YOUR ASSIGNMENT —
In the records below, find the line containing "where nothing stands." and restate it and all lines after it exactly, through the last line.

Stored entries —
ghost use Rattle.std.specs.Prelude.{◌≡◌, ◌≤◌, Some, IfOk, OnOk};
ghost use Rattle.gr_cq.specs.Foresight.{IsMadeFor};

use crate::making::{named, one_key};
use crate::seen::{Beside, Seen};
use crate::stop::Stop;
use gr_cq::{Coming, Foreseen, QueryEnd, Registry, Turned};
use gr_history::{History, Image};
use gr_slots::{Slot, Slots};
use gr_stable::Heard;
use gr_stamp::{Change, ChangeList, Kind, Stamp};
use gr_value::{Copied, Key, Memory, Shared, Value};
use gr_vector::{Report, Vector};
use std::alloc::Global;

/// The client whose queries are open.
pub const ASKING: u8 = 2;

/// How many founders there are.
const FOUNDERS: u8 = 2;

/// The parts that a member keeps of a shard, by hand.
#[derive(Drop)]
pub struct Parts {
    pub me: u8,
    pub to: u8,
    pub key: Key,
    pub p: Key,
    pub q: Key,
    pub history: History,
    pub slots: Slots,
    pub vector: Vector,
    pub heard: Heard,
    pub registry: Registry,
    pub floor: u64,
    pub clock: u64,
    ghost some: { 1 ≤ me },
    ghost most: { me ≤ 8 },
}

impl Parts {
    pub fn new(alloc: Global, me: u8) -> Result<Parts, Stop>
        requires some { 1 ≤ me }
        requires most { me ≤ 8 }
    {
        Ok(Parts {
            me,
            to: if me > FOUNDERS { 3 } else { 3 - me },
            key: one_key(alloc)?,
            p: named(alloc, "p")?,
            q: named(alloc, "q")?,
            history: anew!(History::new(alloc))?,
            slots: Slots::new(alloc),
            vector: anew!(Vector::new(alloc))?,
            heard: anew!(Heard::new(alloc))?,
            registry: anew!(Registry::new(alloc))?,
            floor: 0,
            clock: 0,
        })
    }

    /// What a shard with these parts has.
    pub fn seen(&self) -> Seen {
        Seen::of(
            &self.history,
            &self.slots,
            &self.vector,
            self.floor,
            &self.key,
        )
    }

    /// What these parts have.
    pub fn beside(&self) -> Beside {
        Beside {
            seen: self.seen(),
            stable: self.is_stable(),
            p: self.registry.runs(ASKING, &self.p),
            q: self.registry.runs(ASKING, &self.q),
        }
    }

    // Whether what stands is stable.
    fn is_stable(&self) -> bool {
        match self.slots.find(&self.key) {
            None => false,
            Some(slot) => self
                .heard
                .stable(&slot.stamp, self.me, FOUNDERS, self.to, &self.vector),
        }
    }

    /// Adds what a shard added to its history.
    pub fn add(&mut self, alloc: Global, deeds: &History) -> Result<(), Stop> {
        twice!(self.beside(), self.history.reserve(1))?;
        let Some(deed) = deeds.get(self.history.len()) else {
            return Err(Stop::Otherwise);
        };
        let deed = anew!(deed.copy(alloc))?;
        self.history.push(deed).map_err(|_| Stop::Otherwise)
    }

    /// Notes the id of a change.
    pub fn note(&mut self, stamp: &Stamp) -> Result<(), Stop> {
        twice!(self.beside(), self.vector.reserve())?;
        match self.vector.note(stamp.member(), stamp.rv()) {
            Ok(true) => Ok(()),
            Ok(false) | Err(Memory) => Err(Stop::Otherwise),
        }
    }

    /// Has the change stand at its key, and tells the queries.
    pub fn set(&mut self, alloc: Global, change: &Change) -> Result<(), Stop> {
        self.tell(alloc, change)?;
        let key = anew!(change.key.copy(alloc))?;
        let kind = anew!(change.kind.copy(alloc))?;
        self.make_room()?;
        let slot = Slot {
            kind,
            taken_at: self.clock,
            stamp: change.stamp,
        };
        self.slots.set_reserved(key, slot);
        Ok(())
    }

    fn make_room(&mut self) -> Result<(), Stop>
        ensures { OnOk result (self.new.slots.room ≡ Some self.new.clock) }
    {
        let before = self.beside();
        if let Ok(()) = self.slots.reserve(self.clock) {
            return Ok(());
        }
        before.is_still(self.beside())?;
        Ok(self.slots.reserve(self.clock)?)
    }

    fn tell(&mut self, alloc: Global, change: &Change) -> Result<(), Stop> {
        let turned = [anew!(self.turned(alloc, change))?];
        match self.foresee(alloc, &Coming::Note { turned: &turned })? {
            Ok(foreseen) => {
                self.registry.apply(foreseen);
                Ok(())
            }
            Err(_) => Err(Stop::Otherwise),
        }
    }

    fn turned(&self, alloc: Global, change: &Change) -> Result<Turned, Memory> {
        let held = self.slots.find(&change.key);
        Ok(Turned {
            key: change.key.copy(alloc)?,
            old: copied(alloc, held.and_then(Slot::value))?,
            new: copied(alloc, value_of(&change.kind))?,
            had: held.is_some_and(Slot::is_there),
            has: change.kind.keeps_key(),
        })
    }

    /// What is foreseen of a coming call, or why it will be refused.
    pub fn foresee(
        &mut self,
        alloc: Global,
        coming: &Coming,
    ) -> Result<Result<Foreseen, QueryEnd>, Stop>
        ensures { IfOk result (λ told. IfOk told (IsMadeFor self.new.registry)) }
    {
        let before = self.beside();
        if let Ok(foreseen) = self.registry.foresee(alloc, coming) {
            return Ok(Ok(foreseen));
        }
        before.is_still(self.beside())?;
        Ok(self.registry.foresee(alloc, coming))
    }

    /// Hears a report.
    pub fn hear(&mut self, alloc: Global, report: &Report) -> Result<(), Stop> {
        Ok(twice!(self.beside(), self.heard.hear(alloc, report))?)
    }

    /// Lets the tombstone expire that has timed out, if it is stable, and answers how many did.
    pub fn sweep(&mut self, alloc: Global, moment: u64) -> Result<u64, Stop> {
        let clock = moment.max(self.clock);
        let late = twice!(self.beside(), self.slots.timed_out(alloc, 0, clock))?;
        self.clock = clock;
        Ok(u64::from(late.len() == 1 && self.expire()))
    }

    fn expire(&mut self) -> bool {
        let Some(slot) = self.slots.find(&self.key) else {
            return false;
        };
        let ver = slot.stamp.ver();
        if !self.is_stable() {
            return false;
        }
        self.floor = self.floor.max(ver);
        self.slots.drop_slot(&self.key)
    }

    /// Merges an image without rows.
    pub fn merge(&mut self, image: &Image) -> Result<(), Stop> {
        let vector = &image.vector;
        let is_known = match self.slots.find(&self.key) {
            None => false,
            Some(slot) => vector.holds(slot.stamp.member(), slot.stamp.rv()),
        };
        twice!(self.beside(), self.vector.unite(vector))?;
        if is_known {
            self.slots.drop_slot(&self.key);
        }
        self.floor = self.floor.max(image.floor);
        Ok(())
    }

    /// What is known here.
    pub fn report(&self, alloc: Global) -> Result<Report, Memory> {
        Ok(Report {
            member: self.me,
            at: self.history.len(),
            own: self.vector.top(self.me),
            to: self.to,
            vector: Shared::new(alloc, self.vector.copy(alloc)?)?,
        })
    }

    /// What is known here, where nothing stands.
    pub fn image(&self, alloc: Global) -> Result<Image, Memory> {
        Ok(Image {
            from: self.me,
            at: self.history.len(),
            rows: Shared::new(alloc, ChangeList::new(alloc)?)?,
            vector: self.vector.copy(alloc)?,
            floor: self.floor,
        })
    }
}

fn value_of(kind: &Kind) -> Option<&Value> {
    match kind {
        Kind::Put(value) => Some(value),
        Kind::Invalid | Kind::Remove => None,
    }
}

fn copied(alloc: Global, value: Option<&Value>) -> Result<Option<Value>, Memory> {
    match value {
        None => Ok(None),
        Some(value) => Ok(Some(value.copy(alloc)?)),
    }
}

YOUR SOLUTION —
    /// What is known here, where nothing stands.
    pub fn image(&self, alloc: Global) -> Result<Image, Memory> {
        Ok(Image {
            from: self.me,
            at: self.history.len(),
            rows: Shared::new(alloc, ChangeList::new(alloc)?)?,
            vector: self.vector.copy(alloc)?,
            floor: self.floor,
        })
    }
}

fn value_of(kind: &Kind) -> Option<&Value> {
    match kind {
        Kind::Put(value) => Some(value),
        Kind::Invalid | Kind::Remove => None,
    }
}

fn copied(alloc: Global, value: Option<&Value>) -> Result<Option<Value>, Memory> {
    match value {
        None => Ok(None),
        Some(value) => Ok(Some(value.copy(alloc)?)),
    }
}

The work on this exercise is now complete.